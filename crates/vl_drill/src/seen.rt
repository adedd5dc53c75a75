/// What a turn depends on of a session.
#[derive(Clone, Copy, Debug)]
pub struct Seen {
    /// Whether it has a statement in progress.
    pub busy: bool,
    /// Whether it has an open transaction.
    pub tx: bool,
}
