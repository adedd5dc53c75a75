ghost use Rattle.std.specs.Prelude.{◌≡◌, ◌<◌, ◌≤◌, IfSome, length, position};
ghost use Rattle.vl_drill.specs.Turns.{first_from, next_busy};

use crate::seen::Seen;

fn busy_place(seen: &[Seen]) -> Option<usize>
    ensures place { result ≡ position (λ s. s.busy) seen.now }
    ensures within { IfSome result (λ i. i < length seen.now) }
{
    seen.iter().position(|one| one.busy)
}

fn tx_place(seen: &[Seen]) -> Option<usize>
    ensures place { result ≡ position (λ s. s.tx) seen.now }
    ensures within { IfSome result (λ i. i < length seen.now) }
{
    seen.iter().position(|one| one.tx)
}

fn first_busy(seen: &[Seen; 8], from: u8) -> Option<u8>
    requires { from ≤ 8 }
    ensures session { result ≡ first_from (λ s. s.busy) from seen.now }
    ensures within { IfSome result (λ session. session < 8) }
{
    let (_, rest) = seen.split_at(usize::from(from));
    match busy_place(rest) {
        Some(place) => Some(from + place as u8),
        None => None,
    }
}

/// The first session, from this number on, that has an open transaction.
pub fn first_open(seen: &[Seen; 8], from: u8) -> Option<u8>
    requires { from ≤ 8 }
    ensures session { result ≡ first_from (λ s. s.tx) from seen.now }
    ensures within { IfSome result (λ session. session < 8) }
{
    let (_, rest) = seen.split_at(usize::from(from));
    match tx_place(rest) {
        Some(place) => Some(from + place as u8),
        None => None,
    }
}

/// The next session with a statement in progress: behind the last come the first again.
pub fn next_busy(seen: &[Seen; 8], from: u8) -> Option<u8>
    requires { from ≤ 8 }
    ensures session { result ≡ next_busy from seen.now }
    ensures within { IfSome result (λ session. session < 8) }
{
    match first_busy(seen, from) {
        Some(session) => Some(session),
        None => first_busy(seen, 0),
    }
}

### INSTRUCTIONS TO FOLLOW
Copy down the material exactly as written.

### EXERCISE SOLUTION
filename crates/vl_drill/src/seen.rt
repository adedd5dc53c75a75
/// What a turn depends on of a session.
#[derive(Clone, Copy, Debug)]
pub struct Seen {
    /// Whether it has a statement in progress.
    pub busy: bool,
    /// Whether it has an open transaction.
    pub tx: bool,
}
repository adedd5dc53c75a75
ghost use Rattle.std.specs.Prelude.{◌≡◌, ◌<◌, ◌≤◌, IfSome, length, position};
ghost use Rattle.vl_drill.specs.Turns.{first_from, next_busy};

use crate::seen::Seen;

fn busy_place(seen: &[Seen]) -> Option<usize>
    ensures place { result ≡ position (λ s. s.busy) seen.now }
    ensures within { IfSome result (λ i. i < length seen.now) }
{
    seen.iter().position(|one| one.busy)
}

fn tx_place(seen: &[Seen]) -> Option<usize>
    ensures place { result ≡ position (λ s. s.tx) seen.now }
    ensures within { IfSome result (λ i. i < length seen.now) }
{
    seen.iter().position(|one| one.tx)
}

fn first_busy(seen: &[Seen; 8], from: u8) -> Option<u8>
    requires { from ≤ 8 }
    ensures session { result ≡ first_from (λ s. s.busy) from seen.now }
    ensures within { IfSome result (λ session. session < 8) }
{
    let (_, rest) = seen.split_at(usize::from(from));
    match busy_place(rest) {
        Some(place) => Some(from + place as u8),
        None => None,
    }
}

/// The first session, from this number on, that has an open transaction.
pub fn first_open(seen: &[Seen; 8], from: u8) -> Option<u8>
    requires { from ≤ 8 }
    ensures session { result ≡ first_from (λ s. s.tx) from seen.now }
    ensures within { IfSome result (λ session. session < 8) }
{
    let (_, rest) = seen.split_at(usize::from(from));
    match tx_place(rest) {
        Some(place) => Some(from + place as u8),
        None => None,
    }
}

/// The next session with a statement in progress: behind the last come the first again.
pub fn next_busy(seen: &[Seen; 8], from: u8) -> Option<u8>
    requires { from ≤ 8 }
    ensures session { result ≡ next_busy from seen.now }
    ensures within { IfSome result (λ session. session < 8) }
{
    match first_busy(seen, from) {
        Some(session) => Some(session),
        None => first_busy(seen, 0),
    }
}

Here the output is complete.